◆ Exercise ◆
All lines holding the string "NewArchive" should be copied from the data below.

*** Opening Exercise materials ***

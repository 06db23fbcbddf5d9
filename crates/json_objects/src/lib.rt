//! Objects of JSON that are put together member by member, and what is true of the text and the depth of such an object.
#![tactic(auto)]

mod object;

pub use object::Object;
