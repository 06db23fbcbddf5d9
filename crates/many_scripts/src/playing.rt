//! A client's loop over its script.
ghost use Rattle.std.specs.Prelude.{◌≡◌, ◌+◌, ◌-◌, ◌^◌, ◌<◌, [], OnOk, IfErr};
ghost use Rattle.serve_script.specs.Faults.{failed_writes_of_serve, is_read_fault};
ghost use Rattle.script_lines.specs.LineReader.{StopsReading};
ghost use Rattle.many_scripts.specs.Playing.{HasHeard, PlaysScript};

use crate::access::Access;
use crate::lines::answer_any;
use desk::{Client, Naming};
use level_pool::Runner;
use recording::StepReader;
use report_form::Format;
use script_lines::LineReader;
use serve_script::ServeFault;
use std::sync::Wait;
use text_io::{Sink, Source};
use version_store::StateRepresentation;

/// Reads a script to its end, and answers its lines as they come.
pub(crate) fn play<
    N: Naming,
    K: StateRepresentation,
    H: Wait + Drop,
    W: Runner,
    R: Source,
    S: Sink,
>(
    access: &Access<'_, N, K, H, W>,
    format: Format,
    client: &mut Client<N, K>,
    reader: &mut LineReader,
    source: &mut R,
    sink: &mut S,
) -> Result<(), ServeFault>
    requires heard { HasHeard client.old }
    requires nothing { reader.old.waiting ≡ [] }
    requires count { reader.old.left < 2 ^ 64 - 1 }
    requires reads { R.failures source.old < 2 ^ 64 - 1 }
    requires writes { S.failures sink.old < 2 ^ 64 - 1 }
    ensures ok { OnOk result (PlaysScript format reader.old.left client.old client.new (R.remaining source.old) (R.remaining source.new)
        (R.failures source.old) (R.failures source.new) (S.held sink.old) (S.held sink.new)) }
    ensures err { IfErr result (λ fault. StopsReading (is_read_fault fault) reader.old.left (R.remaining source.old) (R.remaining source.new)
        (R.failures source.old) (R.failures source.new)) }
    ensures failures { S.failures sink.new ≡ S.failures sink.old + failed_writes_of_serve result }
{
    let mut steps = StepReader::new(access.alloc);
    let mut number = 1;
    while reader.advance(source)? {
        answer_any(
            access,
            format.form(Some(number)),
            client,
            &mut steps,
            reader.line(),
            sink,
        )?;
        number += 1;
    }
    answer_any(
        access,
        format.form(Some(number)),
        client,
        &mut steps,
        reader.line(),
        sink,
    )?;
    Ok(())
}
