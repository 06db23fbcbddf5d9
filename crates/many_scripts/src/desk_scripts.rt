//! Several scripts at once.
ghost use Rattle.std.specs.Prelude.{◌≡◌, ◌≢◌, ◌⊎◌, ◌≤◌, ◌<◌, ◌+◌, ◌-◌, ◌^◌, ◌++◌, ◌∷◌, [], All, Err, OnOk, IfOk, IfErr, IsOkAnd, length, vec_len};
ghost use Rattle.std.specs.Io.KnownBytes.{Appends};
ghost use Rattle.text_io.specs.Sink.{AppendsPrefix};
ghost use Rattle.stage_graph.specs.Walk.{IsRanked};
ghost use Rattle.version_store.specs.Plain.{opening_version};
ghost use Rattle.session_core.specs.Log.{opening_of};
ghost use Rattle.session_core.specs.TableView.{TableView};
ghost use Rattle.serve_script.specs.Answers.{opening_state};
ghost use Rattle.desk.specs.Clients.{AreNew};
ghost use Rattle.desk.specs.Closing.{IsClosed};
ghost use Rattle.many_scripts.specs.Faults.{failed_writes_of_many};
ghost use Rattle.many_scripts.specs.Gathered.{IsWhole};
ghost use Rattle.many_scripts.specs.Outputs.{log_line};
ghost use Rattle.many_scripts.specs.Scripts.{EndsBy, IsOutputOf, EndsManyBy, Writes};
ghost use Rattle.many_scripts.specs.declared.fault.ManyFault.{ManyFault};

use crate::fault::ManyFault;
use crate::gathering::{Ended, ended_by};
use crate::headings::log_line;
use desk::{Client, CloseFault, Desk, Naming, NewArchive, start};
use level_pool::Workers;
use report_form::Format;
use stage_graph::{Graph, InShared};
use std::alloc::{AllocError, Global};
use std::marker::Brand;
use std::sync::Wait;
use std::sync::ledger::Blank;
use std::thread::Threads;
use text_io::{Sink, Source};
use version_store::{StateRepresentation, Version};

/// The most versions that a desk may have.
const MOST_VERSIONS: u32 = 65_536;

/// Closes the desk, and returns how many entries its log has.
fn entries_of_closed<N: Naming, K: StateRepresentation, H: Wait + Drop>(
    desk: Desk<N, K, H>,
    clients: Vec<Client<N, K>>,
) -> Result<usize, ManyFault>
    requires { N.clients ≡ N.parts }
    ensures ok { IfOk result (λ count. (log : TableView) × IsClosed log clients.items × (opening_of log.state ≡ N.opening) × (count ≡ length log.history)) }
    ensures err { IfErr result (λ fault. (fault ≢ ManyFault.Read) × (fault ≢ ManyFault.Write)) }
{
    match desk.close(clients) {
        Ok(log) => Ok(log.entries().len()),
        Err((CloseFault::Missing, _, _)) => Err(ManyFault::Missing),
        Err((CloseFault::Torn, _, _)) => Err(ManyFault::Torn),
    }
}

/// The texts with the last line, which has the number of the log's entries.
fn with_log_line(
    alloc: Global,
    format: Format,
    texts: Vec<u8>,
    entries: usize,
) -> Result<Vec<u8>, AllocError>
    ensures { IfOk result (λ whole. whole.items ≡ texts.items ++ log_line format entries) }
{
    let line = log_line(alloc, format, entries)?;
    let mut whole = texts;
    whole.extend_from_slice(&line)?;
    Ok(whole)
}

/// A desk that begins with a graph, and its clients.
fn begun<N: Naming, K: StateRepresentation, H: Wait + Drop>(
    rt: H,
    alloc: Global,
    blank: Blank,
    archive: NewArchive<K>,
    graph: Graph<K>,
    clients: u32,
) -> Result<(Desk<N, K, H>, Vec<Client<N, K>>), AllocError>
    requires ranked { IsRanked graph.places }
    requires clients { (1 ≤ clients) × (clients ≤ 64) × (blank.parts ≡ clients) × (N.clients ≡ clients) }
    requires name { blank.name ≡ N.name }
    requires parts { blank.parts ≡ N.parts }
    requires book { archive.seen.book ≡ N.book }
    requires opening { N.opening ≡ opening_state graph }
    ensures { IfOk result (λ started. AreNew (opening_version graph ∷ []) clients started.1.items) }
{
    let first = Version::load(alloc, graph)?;
    start(rt, alloc, blank, archive, first, clients, MOST_VERSIONS)
}

/// The output once the desk of the clients is closed, if all scripts were played.
fn output_of<N: Naming, K: StateRepresentation, H: Wait + Drop>(
    alloc: Global,
    format: Format,
    desk: Desk<N, K, H>,
    gathered: Result<Ended<Client<N, K>>, ManyFault>,
) -> Result<Vec<u8>, ManyFault>
    requires { N.clients ≡ N.parts }
    ensures ok { IfOk result (λ output. IsOkAnd gathered (λ ended. IsWhole format N.opening ended.clients.items ended.texts.items output.items)) }
    ensures err { IfErr result (λ fault. (gathered ≡ Err fault) ⊎ ((fault ≢ ManyFault.Read) × (fault ≢ ManyFault.Write))) }
{
    let ended = gathered?;
    let Ended { clients, texts } = ended;
    let count = entries_of_closed(desk, clients)?;
    Ok(with_log_line(alloc, format, texts, count)?)
}

/// The output for the scripts, by the clients of the desk that has this name.
fn played<
    N: Naming + Send + Sync,
    H: Threads + Wait + Copy + Drop + Send + Sync,
    R: Source + Send + Drop,
>(
    rt: H,
    alloc: Global,
    blank: Blank,
    archive: NewArchive<InShared>,
    workers: Workers,
    scripts: Vec<R>,
    graph: Graph<InShared>,
    format: Format,
) -> Result<Vec<u8>, ManyFault>
    requires ranked { IsRanked graph.places }
    requires scripts { (1 ≤ vec_len scripts) × (vec_len scripts ≤ 64) }
    requires reads { All (λ script. R.failures script < 2 ^ 64 - 1) scripts.items }
    requires name { blank.name ≡ N.name }
    requires parts { (blank.parts ≡ N.parts) × (blank.parts ≡ vec_len scripts) × (N.clients ≡ vec_len scripts) }
    requires book { archive.seen.book ≡ N.book }
    requires opening { N.opening ≡ opening_state graph }
    ensures ok { IfOk result (λ output. IsOutputOf format R.remaining R.failures graph scripts.items output.items) }
    ensures err { IfErr result (EndsBy R.remaining R.failures scripts.items) }
{
    let count = scripts.len() as u32;
    let (desk, clients) = begun::<N, InShared, H>(rt, alloc, blank, archive, graph, count)?;
    let ended = ended_by(&rt, alloc, &desk, workers, format, clients, scripts);
    output_of(alloc, format, desk, ended)
}

/// The output for the scripts, by the clients of a new desk.
fn by_new_desk<H: Threads + Wait + Copy + Drop + Send + Sync, R: Source + Send + Drop>(
    rt: H,
    alloc: Global,
    workers: Workers,
    scripts: Vec<R>,
    graph: Graph<InShared>,
    format: Format,
) -> Result<Vec<u8>, ManyFault>
    requires ranked { IsRanked graph.places }
    requires scripts { (1 ≤ vec_len scripts) × (vec_len scripts ≤ 64) }
    requires reads { All (λ script. R.failures script < 2 ^ 64 - 1) scripts.items }
    ensures ok { IfOk result (λ output. IsOutputOf format R.remaining R.failures graph scripts.items output.items) }
    ensures err { IfErr result (EndsBy R.remaining R.failures scripts.items) }
{
    let blank = Blank::new(scripts.len() as u64);
    let archive = NewArchive::new();
    played::<Brand, H, R>(rt, alloc, blank, archive, workers, scripts, graph, format)
}

/// Answers several scripts, each by a client of its own in a thread of its own, about one recording: version 0 has the
/// graph, and 65,536 versions are allowed. When all have ended, each script's lines are written in the order of the
/// scripts, and then how many entries the log of their desk has.
///
/// Errors: `Read` where a read of a script failed or 1,073,741,824 bytes of it were read, `Write` where a write or a
/// flush failed or took nothing, `Missing` and `Torn` where the desk isn't closed, `Memory`. At any fault but `Write`
/// nothing is written.
pub fn many<H: Threads + Wait + Copy + Drop + Send + Sync, R: Source + Send + Drop, S: Sink>(
    rt: H,
    alloc: Global,
    scripts: Vec<R>,
    sink: &mut S,
    graph: Graph<InShared>,
    workers: usize,
    format: Format,
) -> Result<(), ManyFault>
    requires ranked { IsRanked graph.places }
    requires scripts { (1 ≤ vec_len scripts) × (vec_len scripts ≤ 64) }
    requires workers { (1 ≤ workers) × (workers ≤ 16) }
    requires reads { All (λ script. R.failures script < 2 ^ 64 - 1) scripts.items }
    requires writes { S.failures sink.old < 2 ^ 64 - 1 }
    ensures ok { OnOk result (Writes format R.remaining R.failures graph scripts.items (S.held sink.old) (S.held sink.new)) }
    ensures err { IfErr result (EndsManyBy format R.remaining R.failures graph scripts.items (S.held sink.old) (S.held sink.new)) }
    ensures failures { S.failures sink.new ≡ S.failures sink.old + failed_writes_of_many result }
{
    let output = by_new_desk(rt, alloc, Workers::new(workers), scripts, graph, format)?;
    write_output(&output, sink)
}

/// Writes the output.
fn write_output<S: Sink>(output: &[u8], sink: &mut S) -> Result<(), ManyFault>
    requires { S.failures sink.old < 2 ^ 64 - 1 }
    ensures ok { OnOk result (Appends (S.held sink.old) (S.held sink.new) output.now) }
    ensures err { IfErr result (λ fault. (fault ≡ ManyFault.Write) × AppendsPrefix (S.held sink.old) (S.held sink.new) output.now) }
    ensures failures { S.failures sink.new ≡ S.failures sink.old + failed_writes_of_many result }
{
    match sink.write(output) {
        Ok(()) => match sink.flush() {
            Ok(()) => Ok(()),
            Err(_) => Err(ManyFault::Write),
        },
        Err(_) => Err(ManyFault::Write),
    }
}
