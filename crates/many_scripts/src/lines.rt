//! Answers the lines of a script.
ghost use Rattle.std.specs.Prelude.{◌≡◌, ◌+◌, ◌-◌, ◌^◌, ◌<◌, Some, Err, Result, OnOk};
ghost use Rattle.std.specs.Io.KnownBytes.{Appends};
ghost use Rattle.std.specs.Option.{option_map};
ghost use Rattle.recording.specs.Reads.{IsRead};
ghost use Rattle.recording.specs.StepOf.{step_of};
ghost use Rattle.recording.specs.declared.fault.Fault.{Fault};
ghost use Rattle.recording.specs.declared.step.Step.{Step};
ghost use Rattle.serve_script.specs.Faults.{failed_writes};
ghost use Rattle.script_lines.specs.Seen.{seen};
ghost use Rattle.serve_script.specs.Told.{fault_told};
ghost use Rattle.many_scripts.specs.Played.{IsLine, IsNamed};
ghost use Rattle.many_scripts.specs.Playing.{Answers, HasHeard};

use crate::access::Access;
use crate::answering::answer_step;
use desk::{Client, Naming};
use level_pool::Runner;
use recording::{Fault, StepReader};
use report_form::Form;
use script_lines::Line;
use serve_script::{AnswerFault, tell_fault};
use std::alloc::Global;
use std::sync::Wait;
use text_io::Sink;
use version_store::StateRepresentation;

/// Writes why a line has no step, unless memory ran out.
fn refuse<S: Sink>(alloc: Global, fault: Fault, form: Form, sink: &mut S) -> Result<(), AnswerFault>
    requires { S.failures sink.old < 2 ^ 64 - 1 }
    ensures ok { OnOk result (((meant : Result Step Fault) → IsRead (Err fault) meant → meant ≡ Err fault) × Appends (S.held sink.old) (S.held sink.new) (fault_told form fault)) }
    ensures failures { S.failures sink.new ≡ S.failures sink.old + failed_writes result }
{
    match fault {
        Fault::Memory => Err(AnswerFault::Memory),
        fault => tell_fault(alloc, &fault, form, sink),
    }
}

/// Executes the step in the bytes of a line.
fn answer_bytes<N: Naming, K: StateRepresentation, H: Wait + Drop, W: Runner, S: Sink>(
    access: &Access<'_, N, K, H, W>,
    client: &mut Client<N, K>,
    steps: &mut StepReader,
    bytes: &[u8],
    sink: &mut S,
) -> Result<(), AnswerFault>
    requires heard { HasHeard client.old }
    requires room { S.failures sink.old < 2 ^ 64 - 1 }
    ensures ok { OnOk result (Answers (λ known earlier. IsNamed access.now.form client.old.number known earlier (step_of bytes.now)) client.old client.new (S.held sink.old) (S.held sink.new)) }
    ensures failures { S.failures sink.new ≡ S.failures sink.old + failed_writes result }
{
    match steps.read(bytes) {
        Ok(step) => answer_step(access, client, step, sink),
        Err(fault) => refuse(access.alloc, fault, access.form, sink),
    }
}

/// Executes the step on a line, and writes the answer.
fn answer_line<N: Naming, K: StateRepresentation, H: Wait + Drop, W: Runner, S: Sink>(
    access: &Access<'_, N, K, H, W>,
    client: &mut Client<N, K>,
    steps: &mut StepReader,
    line: Line<'_>,
    sink: &mut S,
) -> Result<(), AnswerFault>
    requires heard { HasHeard client.old }
    requires room { S.failures sink.old < 2 ^ 64 - 1 }
    ensures ok { OnOk result (Answers (λ known earlier. IsLine access.now.form client.old.number known earlier (Some (seen line.entry))) client.old client.new (S.held sink.old) (S.held sink.new)) }
    ensures failures { S.failures sink.new ≡ S.failures sink.old + failed_writes result }
{
    match line {
        Line::Kept(bytes) => answer_bytes(access, client, steps, bytes, sink),
        Line::TooLong => tell_fault(access.alloc, &Fault::TooLong, access.form, sink),
    }
}

/// Answers the line in this form, if it is no blank one.
pub(crate) fn answer_any<N: Naming, K: StateRepresentation, H: Wait + Drop, W: Runner, S: Sink>(
    access: &Access<'_, N, K, H, W>,
    form: Form,
    client: &mut Client<N, K>,
    steps: &mut StepReader,
    line: Option<Line<'_>>,
    sink: &mut S,
) -> Result<(), AnswerFault>
    requires heard { HasHeard client.old }
    requires room { S.failures sink.old < 2 ^ 64 - 1 }
    ensures ok { OnOk result (Answers (λ known earlier. IsLine form client.old.number known earlier (option_map seen line.entry)) client.old client.new (S.held sink.old) (S.held sink.new)) }
    ensures failures { S.failures sink.new ≡ S.failures sink.old + failed_writes result }
{
    match line {
        Some(line) => answer_line(&access.in_form(form), client, steps, line, sink),
        None => Ok(()),
    }
}
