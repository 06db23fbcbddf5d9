//! The lines that stand around the answers to scripts.
ghost use Rattle.std.specs.Prelude.{◌≡◌, ◌∷◌, [], IfOk, false};
ghost use Rattle.serde_json.specs.View.{view};
ghost use Rattle.serde_json.specs.Written.{has_float};
ghost use Rattle.report_json.specs.Json.{count, line_text, object};
ghost use Rattle.many_scripts.specs.Outputs.{log_line, script_line};

use report_form::Format;
use report_json::Object;
use serde_json::Value;
use std::alloc::{AllocError, Global};
use std::fmt::Write;

/// The line before the answers to the script of this number.
pub(crate) fn script_line(alloc: Global, format: Format, number: u32) -> Result<Vec<u8>, AllocError>
    ensures { IfOk result (λ line. line.items ≡ script_line format number) }
{
    match format {
        Format::Text => {
            let mut line = String::new(alloc);
            writeln!(line, "script {number}")?;
            Ok(line.into_bytes())
        }
        Format::Json => object_line(alloc, "script", u64::from(number)),
    }
}

/// The last line, which tells how many entries the log has.
pub(crate) fn log_line(alloc: Global, format: Format, entries: usize) -> Result<Vec<u8>, AllocError>
    ensures { IfOk result (λ line. line.items ≡ log_line format entries) }
{
    match format {
        Format::Text => {
            let mut line = String::new(alloc);
            writeln!(line, "log {entries}")?;
            Ok(line.into_bytes())
        }
        Format::Json => object_line(alloc, "log", entries as u64),
    }
}

// The line that is an object of one number.
fn object_line(alloc: Global, name: &str, number: u64) -> Result<Vec<u8>, AllocError>
    ensures { IfOk result (λ line. line.items ≡ line_text (object ((name.now, count number) ∷ []))) }
{
    let value = one_number(alloc, name, number)?;
    line_of(alloc, &value)
}

// An object of one number.
fn one_number(alloc: Global, name: &str, number: u64) -> Result<Value, AllocError>
    ensures { IfOk result (λ value. view value ≡ object ((name.now, count number) ∷ [])) }
{
    let mut object = Object::new(alloc);
    object.count(name, number)?;
    Ok(object.into_value())
}

// The line of a value.
fn line_of(alloc: Global, value: &Value) -> Result<Vec<u8>, AllocError>
    requires exact { has_float (view value.now) ≡ false }
    ensures { IfOk result (λ line. line.items ≡ line_text (view value.now)) }
{
    let mut line = value.to_string(alloc)?;
    line.push_str("\n")?;
    Ok(line.into_bytes())
}
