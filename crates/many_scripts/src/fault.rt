//! Why the scripts were not answered.
ghost use Rattle.std.specs.Prelude.{◌≡◌};
ghost use Rattle.many_scripts.specs.Faults.{many_number};

use std::alloc::AllocError;
use thiserror::Error;

/// Why the scripts were not answered.
#[derive(Clone, Copy, Debug, PartialEq, Eq, Error)]
pub enum ManyFault {
    #[error("NoThread")]
    NoThread,
    #[error("WriteFault")]
    Write,
    #[error("ReadFault")]
    Read,
    #[error("Missing")]
    Missing,
    #[error("Torn")]
    Torn,
    #[error("Memory")]
    Memory,
}

impl ManyFault {
    pub fn number(self) -> u32
        ensures { result ≡ many_number self }
    {
        match self {
            ManyFault::NoThread => 35,
            ManyFault::Write => 40,
            ManyFault::Read => 41,
            ManyFault::Missing => 60,
            ManyFault::Torn => 61,
            ManyFault::Memory => 90,
        }
    }
}

impl From<AllocError> for ManyFault {
    ghost use Rattle.many_scripts.specs.declared.fault.ManyFault.{ManyFault};

    ghost from_gives = { λ _ fault. fault ≡ ManyFault.Memory };

    fn from(_: AllocError) -> ManyFault {
        ManyFault::Memory
    }
}
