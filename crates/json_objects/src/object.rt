//! An object of JSON, put together member by member.
ghost use Rattle.std.specs.Prelude.{◌≡◌, OnOk};
ghost use Rattle.serde_json.specs.Data.{no_members, object as object_of, put, string};
ghost use Rattle.serde_json.specs.View.{view};
ghost use Rattle.json_objects.specs.Held.{held};
ghost use Rattle.json_objects.specs.Objects.{count_json};

use serde_json::{Map, Value};
use std::alloc::{AllocError, Global};

/// An object to which members are added. Contracts see its members by `held`.
#[derive(Drop)]
pub struct Object {
    members: Map<String, Value>,
    alloc: Global,
}

impl Object {
    /// An object without members.
    pub fn new(alloc: Global) -> Object
        ensures { held result ≡ no_members }
    {
        Object {
            members: Map::new(alloc),
            alloc,
        }
    }

    /// Adds a value.
    pub fn value(&mut self, name: &str, value: Value) -> Result<(), AllocError>
        ensures { OnOk result (held self.new ≡ put name.now (view value) (held self.old)) }
    {
        serde_json::put(&mut self.members, self.alloc, name, value)
    }

    /// Adds a number.
    pub fn count(&mut self, name: &str, count: u64) -> Result<(), AllocError>
        ensures { OnOk result (held self.new ≡ put name.now (count_json count) (held self.old)) }
    {
        self.value(name, Value::from(count))
    }

    /// Adds a text.
    pub fn text(&mut self, name: &str, text: &str) -> Result<(), AllocError>
        ensures { OnOk result (held self.new ≡ put name.now (string text.now) (held self.old)) }
    {
        let value = Value::try_from_str(self.alloc, text)?;
        self.value(name, value)
    }

    /// The object, as a value.
    pub fn into_value(self) -> Value
        ensures { view result ≡ object_of (held self) }
    {
        let Object { members, .. } = self;
        Value::Object(members)
    }
}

*** Closing Exercise materials ***

◆ Output of the task ◆
use desk::{Client, CloseFault, Desk, Naming, NewArchive, start};
    archive: NewArchive<K>,
    archive: NewArchive<InShared>,
    let archive = NewArchive::new();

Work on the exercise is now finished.